Saved entries
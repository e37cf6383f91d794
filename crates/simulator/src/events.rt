//! The commands of a script that are events of the service.
ghost use Rattle.std.specs.Prelude.{◌≡◌, IfOk};
ghost use Rattle.simulator.specs.Events as spec;

use apop::stamp;
use ballot::Memory;
use pop3_wire::{Line, LineBytes};
use script::{Command, Host, text_of};
use std::alloc::Global;
use world::{Event, SessionId};

/// The session of a script's number.
pub(crate) fn session_of(number: u32) -> SessionId
    ensures { result ≡ number }
{
    SessionId::new(u64::from(number))
}

/// The event of a command, if it is one event that the command names whole.
pub(crate) fn event_of(
    alloc: Global,
    host: &Host,
    command: Command<'_>,
) -> Result<Option<Event>, Memory>
    ensures { IfOk result (λ event. event ≡ spec.event_of host.now command.entry) }
{
    let event = match command {
        Command::Mail {
            node,
            user,
            key,
            written,
        } => Event::Mail {
            node,
            user,
            text: text_of(alloc, &written)?,
            key,
        },
        Command::Break { node, user } => Event::Break { node, user },
        Command::Connect {
            session,
            node,
            nonce,
        } => Event::Connect {
            session: session_of(session),
            node,
            stamp: stamp(nonce.get(), host.get()).unwrap(),
        },
        Command::Line { session, line } => Event::Line {
            session: session_of(session),
            line,
        },
        Command::Hangup { session } => Event::Hangup {
            session: session_of(session),
        },
        Command::Tick { node } => Event::Tick(node),
        Command::Campaign { node } => Event::Campaign(node),
        Command::Crash { node } => Event::Crash(node),
        _ => return Ok(None),
    };
    Ok(Some(event))
}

**Directions for this task**
Print the line that contains "let event = match", then every later line of the entries above up to and including the last, all exactly as written.

**Expected answer**
    let event = match command {
        Command::Mail {
            node,
            user,
            key,
            written,
        } => Event::Mail {
            node,
            user,
            text: text_of(alloc, &written)?,
            key,
        },
        Command::Break { node, user } => Event::Break { node, user },
        Command::Connect {
            session,
            node,
            nonce,
        } => Event::Connect {
            session: session_of(session),
            node,
            stamp: stamp(nonce.get(), host.get()).unwrap(),
        },
        Command::Line { session, line } => Event::Line {
            session: session_of(session),
            line,
        },
        Command::Hangup { session } => Event::Hangup {
            session: session_of(session),
        },
        Command::Tick { node } => Event::Tick(node),
        Command::Campaign { node } => Event::Campaign(node),
        Command::Crash { node } => Event::Crash(node),
        _ => return Ok(None),
    };
    Ok(Some(event))
}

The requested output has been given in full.